Although she uses the more genteel term "walking-out-the-door money" in a recent interview with Elle -- in which the topic came up after the interviewer explained a new viral manifesto that is advising women to set aside a fund specifically for financial emergencies -- Warren told the magazine that as a young woman, she had a cash cache she cobbled together on the advice of her mother-in-law.
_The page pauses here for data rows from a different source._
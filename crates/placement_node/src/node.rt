// The placement with its journal.
ghost use Rattle.std.specs.Prelude.{◌≡◌, true, false, ℕ, List, None, Some, IfOk, IfErr, IfSome, OnOk};
ghost use Rattle.std.specs.declared.result.Result.TheVariants.{Ok};
ghost use Rattle.disk_model.specs.Disk.{Tells};
ghost use Rattle.tx_journal.specs.declared.error.JournalError.TheVariants as faults;
ghost use Rattle.tx_journal.specs.Calls.{first_side, told, tell_one, IsOpened};
ghost use Rattle.tx_journal.specs.Journal.{Rises};
ghost use Rattle.tx_journal.specs.File.{Image};
ghost use Rattle.tx_journal.specs.Pair.{Files, Holds};
ghost use Rattle.placement_core.specs.Runs.{AreRooms};
ghost use Rattle.placement_node.specs.declared.error.PlacementOpenError.TheVariants.{Journal as in_journal};
ghost use Rattle.placement_node.specs.Found.{placement_found};
ghost use Rattle.placement_node.specs.Node.{NodeMoves};
ghost use Rattle.placement_node.specs.Openings.{OpensNode, KeepsNode, RefusesNode, IsNodeError, CommitsRestart, CommittedRestart, RefusesRestart, NodeCosts, write_error};
ghost use Rattle.placement_node.specs.Ranges.{EventFits, RecordFits, ReplyFits, StateFits};
ghost use Rattle.placement_node.specs.Replies.{refused, LooksAt};
ghost use Rattle.placement_node.specs.Trials.{IsQuiet, Tries};
ghost use Rattle.placement_node.specs.Writes.{Keeps, answered, refusal_of};

use crate::answer::{refused, seen_rooms};
use crate::error::PlacementOpenError;
use crate::found::follow_all;
use crate::reply::NodeReply;
use crate::trial::{Tried, quiet_answer, try_step};
use crate::written::{Kept, write_record};
use actor_names::OutOfMemory;
use disk_model::Disk;
use frame_wire::Refusal;
use placement_core::{Placement, PlacementReplay};
use round_core::PlaceEvent;
use std::alloc::Global;
use std::marker::Model;
use tx_journal::{Journal, JournalError};

/// A placement with its journal. What a step changes for good is on the disk before the step is answered.
#[derive(Drop)]
pub struct PlacementNode<D: Disk> {
    alloc: Global,
    placement: Placement,
    journal: Journal<D>,
    buffer: Vec<u8>,
}

impl<D: Disk> Model for PlacementNode<D> {
    ghost use Rattle.std.specs.Prelude.{◌≡◌, None};
    ghost use Rattle.placement_node.specs.Node.{NodeState};
    ghost use Rattle.placement_node.specs.Ranges.{StateFits};

    ghost Value = { NodeState };

    ghost view = { λ n. record { state = n.placement.state; journal = n.journal } };

    ghost invariant = { λ n. StateFits n.placement.state × (n.journal.other ≡ None) };
}

// A restarted placement, and room for its records.
#[derive(Drop)]
struct Restarted {
    placement: Placement,
    buffer: Vec<u8>,
}

// Why a record wasn't written, as an opening answers it.
fn write_error(kept: Kept) -> Result<(), PlacementOpenError>
    ensures { result ≡ write_error kept }
{
    let error = match kept {
        Kept::Done => return Ok(()),
        Kept::NoMemory => JournalError::OutOfMemory,
        Kept::NoRoom { len } => JournalError::Full { len },
        Kept::Failed => JournalError::DiskFault,
    };
    Err(PlacementOpenError::Journal { error })
}

// Restarts the placement of which a journal has the records, and writes the record of the restart.
fn restart<D: Disk>(
    alloc: Global,
    journal: &mut Journal<D>,
    now: u64,
) -> Result<Restarted, PlacementOpenError>
    requires works { IsOpened journal.old }
    requires alone { journal.old.other ≡ None }
    ensures opened { IfOk result (λ r. (files : Files) → told journal.old ≡ Some files → (held : Image) → Holds held files → placement_found held.payloads now ≡ Ok r.placement.state) }
    ensures fits { IfOk result (λ r. StateFits r.placement.state × AreRooms r.placement.state.rooms) }
    ensures committed { OnOk result (Tells (CommittedRestart now) (told journal.old) (told journal.new)) }
    ensures crash { Tells (CommitsRestart now) (told journal.old) (told journal.new) }
    ensures refused { IfErr result (λ e. IsNodeError e × ((files : Files) → told journal.old ≡ Some files → (held : Image) → Holds held files → RefusesRestart now e held.payloads)) }
    ensures works { OnOk result (IsOpened journal.new) }
    ensures alone { journal.new.other ≡ None }
    ensures cause { NodeCosts journal.old.live.faults journal.new.live.faults result }
{
    let mut replay = PlacementReplay::new(alloc)?;
    follow_all(alloc, journal, &mut replay)?;
    let placement = replay.restarted(now)?;
    let _rooms = placement.rooms();
    let _len = journal.len();
    let mut buffer = Vec::new(alloc);
    write_error(write_record(&placement, &mut buffer, journal))?;
    Ok(Restarted { placement, buffer })
}

// That a journal of so many bytes has no room.
fn journal_full(len: u64) -> Refusal
    ensures is { result ≡ Refusal.JournalFull len }
    ensures fits { ReplyFits (refused result) }
{
    Refusal::JournalFull { len }
}

// Why a step is refused whose record wasn't written; `None` if it was.
fn refusal_of(kept: Kept) -> Option<Refusal>
    ensures is { result ≡ refusal_of kept }
    ensures fits { IfSome result (λ r. ReplyFits (refused r)) }
{
    match kept {
        Kept::Done => None,
        Kept::NoMemory => Some(Refusal::OutOfMemory),
        Kept::NoRoom { len } => Some(journal_full(len)),
        Kept::Failed => Some(Refusal::DiskFault),
    }
}

// The answer to a step, by what came of its record.
fn answered(kept: Kept, answer: NodeReply) -> NodeReply
    requires { ReplyFits answer }
    ensures is { result ≡ answered kept answer }
    ensures fits { ReplyFits result }
{
    match refusal_of(kept) {
        None => answer,
        Some(refusal) => {
            drop(answer);
            refused(refusal)
        }
    }
}

// Whether an event is a Look.
fn is_look(event: &PlaceEvent) -> bool
    ensures { result ≡ true → event.now ≡ PlaceEvent.Look }
{
    matches!(event, PlaceEvent::Look)
}

impl<D: Disk> PlacementNode<D> {
    /// Opens a placement at the moment `now`, in milliseconds since 1970: the restart of the records of its journal. The
    /// record of the round that the restart starts is on the disk before the call returns. The file is made if `create`
    /// is true and it isn't made yet. A refused opening hands the disk back.
    pub fn open(
        alloc: Global,
        disk: D,
        create: bool,
        now: u64,
    ) -> Result<PlacementNode<D>, (PlacementOpenError, D)>
        ensures opened { IfOk result (λ n. Tells (OpensNode create now n.state) (tell_one (D.told disk)) (told n.journal)) }
        ensures state { IfOk result (λ n. IsOpened n.journal × (n.journal.other ≡ None) × AreRooms n.state.rooms) }
        ensures refused { IfErr result (λ r. IsNodeError r.0 × ((files : Files) → tell_one (D.told disk) ≡ Some files → RefusesNode create now r.0 files)) }
        ensures crash { IfOk result (λ n. Tells (KeepsNode create now) (tell_one (D.told disk)) (told n.journal)) }
        ensures crash_refused { IfErr result (λ r. Tells (KeepsNode create now) (tell_one (D.told disk)) (tell_one (D.told r.1))) }
        ensures cause { IfErr result (λ r. r.0 ≡ in_journal faults.DiskFault → Rises (D.disk_faults disk) (D.disk_faults r.1)) }
    {
        let mut journal = match Journal::open(alloc, disk, create) {
            Ok(journal) => journal,
            Err((error, disk)) => return Err((PlacementOpenError::Journal { error }, disk)),
        };
        match restart(alloc, &mut journal, now) {
            Ok(restarted) => {
                let Restarted { placement, buffer } = restarted;
                Ok(PlacementNode {
                    alloc,
                    placement,
                    journal,
                    buffer,
                })
            }
            Err(error) => match journal.close() {
                (disk, None) => Err((error, disk)),
                (_disk, Some(_other)) => unreachable!(),
            },
        }
    }

    /// One step of the placement at the moment `now`, in milliseconds since 1970. What it has to record is on the disk
    /// before it is answered. A Look is answered `Seen`, a Tick `Ticked`, every other event and every refusal `Message`.
    /// The refusals are those of the placement, and in this order: `Reopen` after a disk fault, until the node is opened
    /// again; the placement's own; `JournalFull` if the journal has no room for the record; `DiskFault`. A step that is
    /// refused, or for which there is no memory, changes nothing.
    pub fn step(&mut self, event: PlaceEvent, now: u64) -> NodeReply
        requires { EventFits event }
        ensures moves { NodeMoves self.old (record { event = event; now = now }) result self.new }
        ensures fits { ReplyFits result }
    {
        if self.is_shut() {
            drop(event);
            return refused(Refusal::Reopen);
        }
        if is_look(&event) {
            drop(event);
            return self.look();
        }
        self.change(event, now)
    }

    // A step of a node that has met no fault. A Beat is made in place where nothing else changes by it.
    fn change(&mut self, event: PlaceEvent, now: u64) -> NodeReply
        requires works { self.old.journal.is_broken ≡ false }
        requires sent { EventFits event }
        ensures moves { NodeMoves self.old (record { event = event; now = now }) result self.new }
        ensures fits { ReplyFits result }
    {
        match self.quiet_answer(&event) {
            None => self.change_by_copy(event, now),
            Some(Ok(answer)) => self.hear(event, now, answer),
            Some(Err(_)) => {
                drop(event);
                refused(Refusal::OutOfMemory)
            }
        }
    }

    // The answer to a Beat by which nothing but the moment changes at which its member was heard.
    fn quiet_answer(&self, event: &PlaceEvent) -> Option<Result<NodeReply, OutOfMemory>>
        requires { EventFits event.now }
        ensures { IfSome result (λ made. IfOk made (λ answer. IsQuiet self.now.state event.now answer)) }
    {
        quiet_answer(self.alloc, &self.placement, event)
    }

    // A Beat that is made in place, and has this answer.
    fn hear(&mut self, event: PlaceEvent, now: u64, answer: NodeReply) -> NodeReply
        requires works { self.old.journal.is_broken ≡ false }
        requires sent { EventFits event }
        requires quiet { IsQuiet self.old.state event answer }
        ensures moves { NodeMoves self.old (record { event = event; now = now }) result self.new }
        ensures fits { ReplyFits result }
    {
        let _before = self.placement.rooms();
        let _reply = self.placement.step(event, now);
        let _rooms = self.placement.rooms();
        answer
    }

    // A step that is tried on a copy of the placement, which is kept once its record is written.
    fn change_by_copy(&mut self, event: PlaceEvent, now: u64) -> NodeReply
        requires works { self.old.journal.is_broken ≡ false }
        requires sent { EventFits event }
        ensures moves { NodeMoves self.old (record { event = event; now = now }) result self.new }
        ensures fits { ReplyFits result }
    {
        match self.tried(event, now) {
            None => refused(Refusal::OutOfMemory),
            Some(tried) => {
                let Tried { placement, answer } = tried;
                let kept = self.keep(placement);
                answered(kept, answer)
            }
        }
    }

    /// Whether a disk fault was met, so that the node has to be opened again.
    pub fn is_shut(&self) -> bool
        ensures { result ≡ self.now.journal.is_broken }
    {
        self.journal.is_broken()
    }

    // The placement after a step, and the answer to it. `None` if there is no memory.
    fn tried(&self, event: PlaceEvent, now: u64) -> Option<Tried>
        requires { EventFits event }
        ensures { IfSome result (λ tried. Tries event now self.now.state tried.placement tried.answer) }
    {
        try_step(self.alloc, &self.placement, event, now)
    }

    // The answer to a Look, which changes nothing.
    fn look(&self) -> NodeReply
        ensures looks { LooksAt self.now.state result }
        ensures order { AreRooms self.now.state.rooms }
    {
        let _rooms = self.placement.rooms();
        match seen_rooms(self.alloc, &self.placement) {
            Ok(rooms) => NodeReply::Seen { rooms },
            Err(_) => refused(Refusal::OutOfMemory),
        }
    }

    // Writes what the last step of this placement has to record, and then keeps the placement.
    fn keep(&mut self, trial: Placement) -> Kept
        requires works { self.old.journal.is_broken ≡ false }
        requires state { StateFits trial.state }
        requires record_ { RecordFits trial.recent }
        ensures { Keeps trial result self.old self.new }
    {
        match write_record(&trial, &mut self.buffer, &mut self.journal) {
            Kept::Done => {
                self.placement = trial;
                Kept::Done
            }
            Kept::NoMemory => Kept::NoMemory,
            Kept::NoRoom { len } => Kept::NoRoom { len },
            Kept::Failed => Kept::Failed,
        }
    }

    /// Lends the disk.
    pub fn disk(&self) -> &D
        ensures { record { told = D.told result.now; faults = D.disk_faults result.now } ≡ first_side self.now.journal }
    {
        self.journal.disk()
    }

    /// Ends the node and hands back its disk, as it is; the second one is none.
    pub fn close(self) -> (D, Option<D>)
        ensures first { record { told = D.told result.0; faults = D.disk_faults result.0 } ≡ first_side self.journal }
        ensures second { result.1 ≡ None }
    {
        let PlacementNode { journal, .. } = self;
        journal.close()
    }
}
"I got married when I was 19, and my mother-in-law took me aside and said, 'You always need walking-out-the-door money,'" Warren told Elle. "It was a pretty remarkable thing to say back then, particularly to the woman her son had just married." It wasn't easy to get the money together, but when she wound up divorced with two young kids at the age of 29, she was glad she had taken the advice. "When any hard hit comes... having savings means there are options," she said.

The term f*** off fund comes from an article published last month on Billfold.com titled "The Story of a F*** Off Fund" (they dispense with the asterisks in the original) that touched a nerve and went viral, garnering hundreds of comments and thousands of likes. The idea is that if you ever find yourself in a precarious situation, you'll have some money that functions as a financial parachute. It's an emergency fund, really, but it's one that, outside of a true catastrophe, you Do. Not. Touch.

The Billfold story touches on things like sexual harassment at work and domestic violence, which are certainly more common perils for women, but the advice is good for men, as well (and older adults, if they don't have some kind of financial cushion already). A sudden job loss, injury or other crisis can happen to anybody."It's easy to walk fast with your head held high when you know that there's a little money to back you up if something goes on," Warren said, making the point that, while money can't solve every problem, it can give you the flexibility, mobility and independence to solve whatever curveball life has just thrown your way.